Let the prices of the small, medium, and large cups be \(2x\), \(5x\), and \(y\) respectively.
From the given information:
\((2x)(5x)(y) = 800 \quad \text{(1)}\)
When the prices of the small and medium cups are increased by 6, the product becomes:
\((2x + 6)(5x + 6)(y) = 3200 \quad \text{(2)}\)

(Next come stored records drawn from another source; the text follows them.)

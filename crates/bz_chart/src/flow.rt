//! What goes on between the lifelines, line by line.

use crate::arrows::{Sent, colour, put_arrow, put_leaving};
use crate::bars::Held;
use crate::columns::{is_shown, set};
use crate::labels::{Word, channel_label, channel_title, denial_word, phase_word, put_label};
use crate::lanes::{Lanes, Side};
use crate::legend::{Sign, Signs};
use crate::meetings::{Meeting, is_shared};
use crate::rows::put_row;
use crate::scene::{Chart, Scene};
use crate::svg::{DARK, Pen, RED, put_circle, put_cross, put_triangle};
use bz_chart_layout::{Event, Layout, Lifeline, Line, Step, read_line};
use bz_model::{ChanKind, Move, numbered};
use std::alloc::{AllocError, Global};

/// What a lifeline that is shown is in.
#[derive(Clone, Copy)]
struct State {
    left: Lanes,
    right: Lanes,
    held: Held,
    meeting: Meeting,
}

/// A sign on a lifeline, and a word at its outer side.
#[derive(Clone, Copy)]
struct Mark {
    lifeline: Lifeline,
    sign: Sign,
    word: &'static str,
}

/// What is under way, and what is drawn of it: rows, bars, arrows and signs, words, and over all of them the triangles.
#[derive(Drop)]
pub(crate) struct Flow {
    // by channel
    sent: Vec<Option<Sent>>,
    count: u64,
    // by column
    states: Vec<State>,
    // the columns that have taken something, in the order of the first time
    order: Vec<u32>,
    pub rows: Pen,
    bars: Pen,
    arrows: Pen,
    labels: Pen,
    triangles: Pen,
    // those that were drawn
    signs: Signs,
}

impl Flow {
    pub fn new(alloc: Global, chart: Chart<'_>, columns: u32) -> Result<Flow, AllocError> {
        let sent = vec![in alloc; None; chart.circuit.chan_count()];
        let state = State {
            left: Lanes::FREE,
            right: Lanes::FREE,
            held: Held::NONE,
            meeting: Meeting::NONE,
        };
        match (sent, vec![in alloc; state; columns as usize]) {
            (Ok(sent), Ok(states)) => Ok(Flow {
                sent,
                count: 0,
                states,
                order: Vec::new(alloc),
                rows: Pen::new(alloc),
                bars: Pen::new(alloc),
                arrows: Pen::new(alloc),
                labels: Pen::new(alloc),
                triangles: Pen::new(alloc),
                signs: Signs::NONE,
            }),
            _ => Err(AllocError),
        }
    }

    /// Goes on by the lines of the trace, and draws those of the piece that are shown.
    pub fn follow(&mut self, scene: Scene<'_>) {
        let chart = scene.chart;
        let texts = chart.trace.split_inclusive(|byte| *byte == b'\n');
        let mut rows = 0;
        for (number, text) in (1..=chart.piece.last()).zip(texts) {
            if let Some(line) = read_line(chart.circuit, chart.names, number, text) {
                rows = self.follow_line(scene, &line, rows);
            }
        }
    }

    // Goes on by a line, which is drawn on the row of this number where it is one of the piece and shown; the number of the next row.
    fn follow_line(&mut self, scene: Scene<'_>, line: &Line<'_>, next: u32) -> u32 {
        if !is_shown(scene.chart.picks, line.event) {
            self.pass(scene, line.event);
            return next;
        }
        if line.number < scene.chart.piece.first {
            self.note(scene, line.event, None);
            return next;
        }
        put_row(&mut self.rows, scene.layout, next, line);
        self.note(scene, line.event, Some(next));
        next.saturating_add(1)
    }

    // Goes on by an event that is not shown: requests that end no longer meet others.
    fn pass(&mut self, scene: Scene<'_>, event: Event) {
        if let Event::Moved(step) = event {
            self.meet(scene, step, None);
        }
    }

    /// The signs of all that is drawn.
    pub fn signs(&self) -> Signs {
        let mut signs = self.signs;
        for sent in self.sent.iter().flatten() {
            signs.add(Sign::Waiting);
            add_arrow(&mut signs, *sent);
        }
        for state in &self.states {
            if state.held.is_open() {
                signs.add(Sign::Bar);
            }
        }
        signs
    }

    /// Writes all that was drawn between the lifelines, and what is still under way.
    pub fn put(&self, pen: &mut Pen, layout: Layout) {
        pen.add(&self.bars);
        self.put_open_bars(pen, layout);
        pen.add(&self.arrows);
        match self.waiting(pen.alloc()) {
            Ok(waiting) => put_waiting(pen, layout, waiting.as_slice()),
            Err(_) => pen.fail(),
        }
        pen.add(&self.labels);
        pen.add(&self.triangles);
    }

    // Goes on by an event, and draws what it shows on this row. Before the first row nothing is drawn.
    fn note(&mut self, scene: Scene<'_>, event: Event, row: Option<u32>) {
        if let Event::Moved(step) = event {
            self.go_on(scene, step, row);
        }
        if let (Event::Rested, Some(_)) = (event, row) {
            self.signs.add(Sign::Rest);
        }
        if let Some(mark) = mark_of(event) {
            self.put_mark(scene, row, mark);
        }
    }

    fn go_on(&mut self, scene: Scene<'_>, step: Step, row: Option<u32>) {
        self.hold(scene, step, row);
        self.meet(scene, step, row);
        match step.mv {
            Move::Ask | Move::Reply => self.send(scene, step, row),
            Move::Take | Move::Got => self.bring_in(scene.layout, step.chan, row),
        }
    }

    // Begins a bar, or ends it.
    fn hold(&mut self, scene: Scene<'_>, step: Step, row: Option<u32>) {
        if let Some(column) = scene.columns.place(step.maker) {
            if let Some(state) = self.states.get_mut(column as usize) {
                match (is_caller(scene, step.maker), step.mv) {
                    (true, Move::Ask) | (false, Move::Take) => {
                        if state.held.begin(row) && self.order.push(column).is_err() {
                            self.bars.fail();
                        }
                    }
                    (true, Move::Got) | (false, Move::Reply) => {
                        state.held.end();
                        if row.is_some() && !state.held.is_open() {
                            let layout = scene.layout;
                            state.held.put_bar(&mut self.bars, layout, column, row);
                            self.signs.add(Sign::Bar);
                        }
                    }
                    _ => {}
                }
            }
        }
    }

    // Looks whether requests meet where one goes.
    fn meet(&mut self, scene: Scene<'_>, step: Step, row: Option<u32>) {
        if let Some(Lifeline::Comp(comp)) = scene.chart.circuit.end(step.chan, false) {
            if let Some(column) = scene.columns.place(Lifeline::Comp(comp)) {
                if let Some(state) = self.states.get_mut(column as usize) {
                    if is_shared(scene.chart.circuit, comp) && state.meeting.note(step.mv) {
                        self.put_mark(scene, row, met_at(comp, ""));
                    }
                }
            }
        }
    }

    fn send(&mut self, scene: Scene<'_>, step: Step, row: Option<u32>) {
        let from = scene.columns.place(step.maker);
        match (scene.columns.place(step.other), from, row) {
            (Some(to), _, _) => self.send_to(scene, step, row, to, from),
            (None, Some(from), Some(row)) => self.send_away(scene, step, row, from),
            _ => {}
        }
    }

    fn send_to(
        &mut self,
        scene: Scene<'_>,
        step: Step,
        row: Option<u32>,
        to: u32,
        from: Option<u32>,
    ) {
        let heading = match from {
            Some(from) if from < to => Side::Right,
            _ => Side::Left,
        };
        let sent = Sent {
            order: self.count,
            row,
            from,
            to,
            heading,
            lane: match self.lanes(to, heading.other()) {
                Some(lanes) => lanes.take(),
                None => 0,
            },
            is_request: matches!(step.mv, Move::Ask),
            carries: step.value.is_some(),
            kind: scene.chart.circuit.chan(step.chan).kind,
        };
        self.count = self.count.saturating_add(1);
        set(&mut self.sent, step.chan, Some(sent));
        if let Some(row) = row {
            self.put_channel(scene, step, sent, from.unwrap_or(to), row);
        }
    }

    // What goes to a lifeline that is not shown: where it leaves, and nothing more.
    fn send_away(&mut self, scene: Scene<'_>, step: Step, row: u32, from: u32) {
        let sent = Sent {
            order: self.count,
            row: Some(row),
            from: Some(from),
            to: from,
            heading: Side::Right,
            lane: 0,
            is_request: matches!(step.mv, Move::Ask),
            carries: step.value.is_some(),
            kind: scene.chart.circuit.chan(step.chan).kind,
        };
        add_arrow(&mut self.signs, sent);
        put_leaving(&mut self.arrows, scene.layout, sent, row);
        self.put_channel(scene, step, sent, from, row);
    }

    // Names the channel, and the value, beside the lifeline that it leaves.
    fn put_channel(&mut self, scene: Scene<'_>, step: Step, sent: Sent, from: u32, row: u32) {
        self.signs.add(Sign::Channel);
        let text = channel_label(&mut self.labels, step.chan, step.value);
        let side = if from == sent.to {
            Side::Right
        } else {
            sent.heading
        };
        let gap = match self.lanes(from, side) {
            Some(lanes) => lanes.room(),
            None => 8,
        };
        let (layout, pen) = (scene.layout, &mut self.labels);
        let start = side.from(layout.column(from), gap);
        let title = channel_title(pen, scene.chart.survey, step.chan);
        let word = Word {
            text: text.as_slice(),
            title: title.as_slice(),
            colour: colour(sent.kind),
        };
        put_label(pen, start, layout.row(row), side, word);
    }

    fn bring_in(&mut self, layout: Layout, chan: u32, row: Option<u32>) {
        if let Some(sent) = numbered(&self.sent, chan).copied().flatten() {
            set(&mut self.sent, chan, None);
            if let Some(lanes) = self.lanes(sent.to, sent.heading.other()) {
                lanes.leave(sent.lane);
            }
            if row.is_some() {
                add_arrow(&mut self.signs, sent);
                put_arrow(&mut self.arrows, layout, sent, row);
            }
        }
    }

    fn put_mark(&mut self, scene: Scene<'_>, row: Option<u32>, mark: Mark) {
        if let (Some(row), Some(column)) = (row, scene.columns.place(mark.lifeline)) {
            let (x, y) = (scene.layout.column(column), scene.layout.row(row));
            self.signs.add(mark.sign);
            let (gap, colour) = match mark.sign {
                Sign::Clash => (8, RED),
                Sign::Refusal => (6, RED),
                _ => (6, DARK),
            };
            match mark.sign {
                Sign::Clash => put_triangle(&mut self.triangles, x, y),
                Sign::Refusal => put_cross(&mut self.arrows, x, y),
                _ => put_circle(&mut self.arrows, x, y),
            }
            if !mark.word.is_empty() {
                let (pen, side) = (&mut self.labels, outer_side(scene, mark.lifeline));
                let word = Word {
                    text: mark.word.as_bytes(),
                    title: b"",
                    colour,
                };
                put_label(pen, side.from(x, gap), y + 6, side, word);
            }
        }
    }

    fn put_open_bars(&self, pen: &mut Pen, layout: Layout) {
        for column in &self.order {
            if let Some(state) = self.states.get(*column as usize) {
                if state.held.is_open() {
                    state.held.put_bar(pen, layout, *column, None);
                }
            }
        }
    }

    // What is still under way, by the order in which it left.
    fn waiting(&self, alloc: Global) -> Result<Vec<Sent>, AllocError> {
        let mut waiting: Vec<Sent> = self.sent.iter().copied().flatten().collect(alloc)?;
        waiting.sort_unstable_by_key(|sent| sent.order);
        Ok(waiting)
    }

    // The lanes on one side of a column.
    fn lanes(&mut self, column: u32, side: Side) -> Option<&mut Lanes> {
        let state = self.states.get_mut(column as usize)?;
        match side {
            Side::Left => Some(&mut state.left),
            Side::Right => Some(&mut state.right),
        }
    }
}

// What an event that is no move is shown by.
fn mark_of(event: Event) -> Option<Mark> {
    match event {
        Event::Watched { port, phase } => Some(Mark {
            lifeline: Lifeline::Port(port),
            sign: Sign::Watch,
            word: phase_word(phase),
        }),
        Event::Refused { port, denial } => Some(Mark {
            lifeline: Lifeline::Port(port),
            sign: Sign::Refusal,
            word: denial_word(denial),
        }),
        Event::Clashed { comp } => Some(met_at(comp, "clash")),
        Event::Moved(_) | Event::Rested => None,
    }
}

fn met_at(comp: u32, word: &'static str) -> Mark {
    Mark {
        lifeline: Lifeline::Comp(comp),
        sign: Sign::Clash,
        word,
    }
}

// The signs of a request or a reply.
fn add_arrow(signs: &mut Signs, sent: Sent) {
    signs.add(if sent.is_request {
        Sign::Request
    } else {
        Sign::Reply
    });
    match sent.kind {
        ChanKind::Sync => {}
        ChanKind::Push => signs.add(Sign::Push),
        ChanKind::Pull => signs.add(Sign::Pull),
    }
}

// Whether a lifeline is a port whose host is the caller.
fn is_caller(scene: Scene<'_>, lifeline: Lifeline) -> bool {
    match lifeline {
        Lifeline::Port(port) => scene.chart.circuit.is_passive(port),
        Lifeline::Comp(_) => false,
    }
}

// The outer side of a port, and the right one of a component.
fn outer_side(scene: Scene<'_>, lifeline: Lifeline) -> Side {
    if is_caller(scene, lifeline) {
        Side::Left
    } else {
        Side::Right
    }
}

fn put_waiting(pen: &mut Pen, layout: Layout, waiting: &[Sent]) {
    for sent in waiting {
        put_arrow(pen, layout, *sent, None);
    }
}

Divide Equation (2) by Equation (1):
\(\frac{(2x + 6)(5x + 6)(y)}{(2x)(5x)(y)} = \frac{3200}{800}\)
This simplifies to:
\(\frac{(2x+6)(5x+6)}{10x^2} = 4\)
Multiply both sides by \(10x^2\):
\((2x+6)(5x+6) = 40x^2\)
Expand the left side:
\(10x^2 + 30x + 12x + 36 = 10x^2 + 42x + 36\)
Rearrange the terms:
\(10x^2 + 42x + 36 = 40x^2\)
\(30x^2 - 42x - 36 = 0\)
Divide by 2:
\(15x^2 - 21x - 18 = 0\)
\((5x + 6)(3x - 2) = 0\)
The possible values for \(x\) are \(x = -\frac{6}{5}\) or \(x = 2\).
Since a price cannot be negative, we select \(x = 2\).
Substitute \(x = 2\) into Equation (1):
\((2 \cdot 2)(5 \cdot 2)(y) = 800\)
\(4 \cdot 10 \cdot y = 800 \Rightarrow 40y = 800 \Rightarrow y = 20\)
The sum of the prices is \(2x + 5x + y = 4 + 10 + 20 = \boxed{34}\).